Problème en biochimie, 2ème année licence

[invite46b76df0]

Bonjour,
Je sus en pleine révisions pour mes partiels à la rentrée mais j'ai quelques doutes par rapport à des annales que je fais pour mon examen de biochimie. Voici mes questions :
1er : Si j'ai un fragment d'ADN suivant :
5'-AAACTACAATTCCCAGCATGCTCCGCGCCC CTTCGTAAATTGCCATTCTAA-3', qui est utilisé dans une réaction d'amplification par PCR, le couple d'amorces que j'utiliserais pour amplifié sera bien AAACTACAATTCCCA et TTAGAATGGCAATTT ?
2ème : Le traitement de l'ARN par la soude entraine le clivage des liaisons phosphodiesters 3'-5' et produit un mélange de nucléosides 2' et 3' phosphate, c'st bien ça ?
3ème : Lors de la réaction de polyadénylation, le pre-ARNm est clivé en amont ou en aval du signal de polyadénylation ? J'aurais dit en amont ...
Et la présence de cette queue de polyA permet la purifcation des ARNm par chromatographie d'affinité sur une réisine portant des séries de thymines ou de cytosines ? J'aurais dit thymines.
Merci de votre aide
-----

[invitedcfa2657]

Bonjour,

Pour les amorces, faut bien préciser le sens des amorces car ça a son importance: si l'amorce n°1 que vous proposez est de sens 3'-AAACTACAATTCCCA-5', elle ne pourra pas se lier à gauche par complémentarité. Si c'est 5'-AAACTACAATTCCCA-3', elle pourra se lier non pas au brin que vous donnez, mais bien à son brin complémentaire (que vous n'avez pas écrit).

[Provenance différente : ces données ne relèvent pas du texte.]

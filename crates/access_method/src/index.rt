//! The index.

ghost use Rattle.std.specs.Prelude.{◌≡◌, ◌<◌, IfSome, length};
ghost use Rattle.access_method.specs.Counted.{counted};
ghost use Rattle.access_method.specs.Rows.{is_row_in};
ghost use Rattle.access_method.specs.Tokens.{SeatsAgree, IsFreeSeat, IsSeatOfVacuum};
ghost use Rattle.vacuum.specs.Counts.{deleted_count, free_count};

use crate::info::IndexInfo;
use crate::rows::RowSet;
use crate::token::{OpenScan, ScanToken, Sitter};
use device::Device;
use index_model::{DeadRows, Entry, Fault, Range, RowAddr, Session, VacuumStats};
use page_action::PageStore;
use page_store::Store;
use recovery::Refused;
use redo_log::Advance;
use schedule::{checkpoint, force, same_state_fits};
use session_calls::{Answer, Calls};
use std::alloc::Global;
use std::io::Error;
use vacuum::count_deleted;
use whole_calls::{Inserted, bulk_delete, clean_up, give, give_up, insert, open};

// How many images of pages the log has room for before a step: an act takes four at most, and a force that it
// makes one more.
pub(crate) const LEAST_ROOM: u32 = 5;

/// The index of one user over a store of pages. Session 63 runs its inserts, and the bulk deletes and
/// cleanups that are run to their ends by one call. Sessions 0 to 62 run its open scans, and a bulk delete or
/// cleanup that goes on in parts, one at most. Nothing takes memory.
#[derive(Drop)]
pub struct Index<S> {
    pub(crate) store: S,
    pub(crate) calls: Calls,
    pub(crate) seats: [Option<Sitter>; 63],
    // Those of the bulk delete that goes on in parts.
    pub(crate) rows: RowSet,
    pub(crate) given: u64,
    ghost sessions: { length calls.slots.items ≡ 64 },
    ghost agree: { SeatsAgree calls.slots.items seats },
}

/// Why an index was not made, with the store as it was.
#[derive(Drop)]
pub struct IndexNotMade<S> {
    pub fault: Fault,
    pub store: S,
}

-> attention au sens ! J'aurai dit (dans le cas où vous faites bien une PCR sur un fragment double brin, je ne crois pas que c'est possible sur un seul brin mais je n'en suis pas sur):
3'-TTTGATGTTAAGGGT-5' (elle s'hybride sur le brin que vous avez donné, du côté 5')
&
5'-AAATTGCCATTCTAA-3' (elle s'hybride sur le brin complémentaire du brin que vous avez donné, du côté 3' de ce dernier)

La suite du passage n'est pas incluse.